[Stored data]
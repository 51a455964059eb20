//! The theorems on what C sees: it is what the processes of the definitions do. Nothing here runs.
ghost use Rattle.std.specs.Prelude.{◌≡◌, ◌≢◌, ◌+◌, ◌++◌, ◌∷◌, [], ℕ, true, Bool, List, Some, Ok, Err};
ghost use Rattle.amo_params.specs.Givens.{IsWorker};
ghost use Rattle.amo_kk.specs.Record.{job_in_hand};
ghost use Rattle.amo_kk.specs.Machine.{LocalView};
ghost use Rattle.amo_process.specs.Batch.{items_of, left_after_all};
ghost use Rattle.amo_process.specs.Heard.{standing_of, to_perform, in_doubt};
ghost use Rattle.amo_process.specs.Stepped.{has_ended};
ghost use Rattle.amo_process.specs.Shared.{Shared, standing_at, shared_after, with_new_process};
ghost use Rattle.amo_process.specs.declared.batch.Item.{Item};
ghost use Rattle.amo_process.specs.declared.model.Happening.TheVariants.{Steps, Leaves};
ghost use Rattle.amo_process.specs.declared.standing.Standing.{Standing};
ghost use Rattle.amo_process.specs.declared.standing.Standing.TheVariants.{Going};
ghost use Rattle.amo_c.specs.Batch.{item_told, Tells};
ghost use Rattle.amo_c.specs.Codes.{access_code, phase_code};
ghost use Rattle.amo_c.specs.Told.{next_of, leave_by};
ghost use Rattle.amo_c.specs.Carried.{carried_out};
ghost use Rattle.amo_c.specs.declared.codes.AccessCode.TheVariants.{Nothing, Load};
ghost use Rattle.amo_c.specs.declared.codes.FaultCode.{FaultCode};
ghost use Rattle.amo_c.specs.declared.codes.PhaseCode.TheVariants.{Over};
ghost use Rattle.amo_c.specs.declared.told.AmoNext.{AmoNext};
ghost use Rattle.amo_c.specs.declared.worker.Worker.{Worker};

/// States that to carry out the access of `amo_next` is the step of the worker's process. To carry
/// out the store of `amo_leave` is its leave. If it may not leave, a leave changes nothing.
pub fn what_is_told_is_done()
    ensures steps { (w : Worker) (s : Shared) (t : Standing) → standing_at w.givens s w.number ≡ Some t
        → shared_after w.givens s (Steps w.number) ≡ carried_out s w.number (next_of w t) }
    ensures leaves { (w : Worker) (s : Shared) (t : Standing) (n : AmoNext) → standing_at w.givens s w.number ≡ Some t → leave_by w t ≡ Ok n
        → shared_after w.givens s (Leaves w.number) ≡ with_new_process s w.number (carried_out s w.number n).words }
    ensures stays { (w : Worker) (s : Shared) (t : Standing) (e : FaultCode) → standing_at w.givens s w.number ≡ Some t → leave_by w t ≡ Err e
        → shared_after w.givens s (Leaves w.number) ≡ s }
{}

/// States that a job in a worker's hand is the job to perform or the job in doubt, and never both.
/// Both are those of the definitions.
pub fn a_job_in_hand_is_told()
    ensures performs { (w : Worker) (t : Standing) → (next_of w t).perform ≡ to_perform t }
    ensures doubts { (w : Worker) (t : Standing) → (next_of w t).doubt ≡ in_doubt t }
    ensures in_hand { (w : Worker) (l : LocalView) (fresh : Bool)
        → (next_of w (Going l fresh)).perform + (next_of w (Going l fresh)).doubt ≡ job_in_hand l.state.phase }
{}

/// States that C sees the phase `Over` exactly if the worker has ended by its own choice. Then it
/// has no access to make.
pub fn an_end_is_told()
    ensures told { (w : Worker) (t : Standing) → (next_of w t).phase ≡ phase_code Over → has_ended (Some t) ≡ true }
    ensures ended { (w : Worker) (t : Standing) → has_ended (Some t) ≡ true
        → ((next_of w t).phase ≡ phase_code Over) × ((next_of w t).access ≡ access_code Nothing) }
{}

/// States that a process by batches makes the accesses of `amo_next`. Take a part of a batch, and
/// any values for it. `amo_next` then returns the first access of the first item that is left. If
/// nothing is left, it returns no load.
pub fn a_batch_tells_what_next_tells()
    ensures rest { (w : Worker) (heard more : List ℕ) (s t : Standing) (item : Item) (rest : List Item) → IsWorker w.givens w.number
        → standing_of w.givens w.number heard ≡ Some s → left_after_all (items_of w.givens w.number s) more ≡ Some (item ∷ rest)
        → standing_of w.givens w.number (heard ++ more) ≡ Some t → Tells (next_of w t) (item_told item) }
    ensures end { (w : Worker) (heard more : List ℕ) (s t : Standing) → IsWorker w.givens w.number
        → standing_of w.givens w.number heard ≡ Some s → left_after_all (items_of w.givens w.number s) more ≡ Some []
        → standing_of w.givens w.number (heard ++ more) ≡ Some t → (next_of w t).access ≢ access_code Load }
{}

» TRY IT: Transcribe each of the records above exactly.

» EXERCISE RESPONSE:
repository 51a455964059eb20
//! The theorems on what C sees: it is what the processes of the definitions do. Nothing here runs.
ghost use Rattle.std.specs.Prelude.{◌≡◌, ◌≢◌, ◌+◌, ◌++◌, ◌∷◌, [], ℕ, true, Bool, List, Some, Ok, Err};
ghost use Rattle.amo_params.specs.Givens.{IsWorker};
ghost use Rattle.amo_kk.specs.Record.{job_in_hand};
ghost use Rattle.amo_kk.specs.Machine.{LocalView};
ghost use Rattle.amo_process.specs.Batch.{items_of, left_after_all};
ghost use Rattle.amo_process.specs.Heard.{standing_of, to_perform, in_doubt};
ghost use Rattle.amo_process.specs.Stepped.{has_ended};
ghost use Rattle.amo_process.specs.Shared.{Shared, standing_at, shared_after, with_new_process};
ghost use Rattle.amo_process.specs.declared.batch.Item.{Item};
ghost use Rattle.amo_process.specs.declared.model.Happening.TheVariants.{Steps, Leaves};
ghost use Rattle.amo_process.specs.declared.standing.Standing.{Standing};
ghost use Rattle.amo_process.specs.declared.standing.Standing.TheVariants.{Going};
ghost use Rattle.amo_c.specs.Batch.{item_told, Tells};
ghost use Rattle.amo_c.specs.Codes.{access_code, phase_code};
ghost use Rattle.amo_c.specs.Told.{next_of, leave_by};
ghost use Rattle.amo_c.specs.Carried.{carried_out};
ghost use Rattle.amo_c.specs.declared.codes.AccessCode.TheVariants.{Nothing, Load};
ghost use Rattle.amo_c.specs.declared.codes.FaultCode.{FaultCode};
ghost use Rattle.amo_c.specs.declared.codes.PhaseCode.TheVariants.{Over};
ghost use Rattle.amo_c.specs.declared.told.AmoNext.{AmoNext};
ghost use Rattle.amo_c.specs.declared.worker.Worker.{Worker};

/// States that to carry out the access of `amo_next` is the step of the worker's process. To carry
/// out the store of `amo_leave` is its leave. If it may not leave, a leave changes nothing.
pub fn what_is_told_is_done()
    ensures steps { (w : Worker) (s : Shared) (t : Standing) → standing_at w.givens s w.number ≡ Some t
        → shared_after w.givens s (Steps w.number) ≡ carried_out s w.number (next_of w t) }
    ensures leaves { (w : Worker) (s : Shared) (t : Standing) (n : AmoNext) → standing_at w.givens s w.number ≡ Some t → leave_by w t ≡ Ok n
        → shared_after w.givens s (Leaves w.number) ≡ with_new_process s w.number (carried_out s w.number n).words }
    ensures stays { (w : Worker) (s : Shared) (t : Standing) (e : FaultCode) → standing_at w.givens s w.number ≡ Some t → leave_by w t ≡ Err e
        → shared_after w.givens s (Leaves w.number) ≡ s }
{}

/// States that a job in a worker's hand is the job to perform or the job in doubt, and never both.
/// Both are those of the definitions.
pub fn a_job_in_hand_is_told()
    ensures performs { (w : Worker) (t : Standing) → (next_of w t).perform ≡ to_perform t }
    ensures doubts { (w : Worker) (t : Standing) → (next_of w t).doubt ≡ in_doubt t }
    ensures in_hand { (w : Worker) (l : LocalView) (fresh : Bool)
        → (next_of w (Going l fresh)).perform + (next_of w (Going l fresh)).doubt ≡ job_in_hand l.state.phase }
{}

/// States that C sees the phase `Over` exactly if the worker has ended by its own choice. Then it
/// has no access to make.
pub fn an_end_is_told()
    ensures told { (w : Worker) (t : Standing) → (next_of w t).phase ≡ phase_code Over → has_ended (Some t) ≡ true }
    ensures ended { (w : Worker) (t : Standing) → has_ended (Some t) ≡ true
        → ((next_of w t).phase ≡ phase_code Over) × ((next_of w t).access ≡ access_code Nothing) }
{}

/// States that a process by batches makes the accesses of `amo_next`. Take a part of a batch, and
/// any values for it. `amo_next` then returns the first access of the first item that is left. If
/// nothing is left, it returns no load.
pub fn a_batch_tells_what_next_tells()
    ensures rest { (w : Worker) (heard more : List ℕ) (s t : Standing) (item : Item) (rest : List Item) → IsWorker w.givens w.number
        → standing_of w.givens w.number heard ≡ Some s → left_after_all (items_of w.givens w.number s) more ≡ Some (item ∷ rest)
        → standing_of w.givens w.number (heard ++ more) ≡ Some t → Tells (next_of w t) (item_told item) }
    ensures end { (w : Worker) (heard more : List ℕ) (s t : Standing) → IsWorker w.givens w.number
        → standing_of w.givens w.number heard ≡ Some s → left_after_all (items_of w.givens w.number s) more ≡ Some []
        → standing_of w.givens w.number (heard ++ more) ≡ Some t → (next_of w t).access ≢ access_code Load }
{}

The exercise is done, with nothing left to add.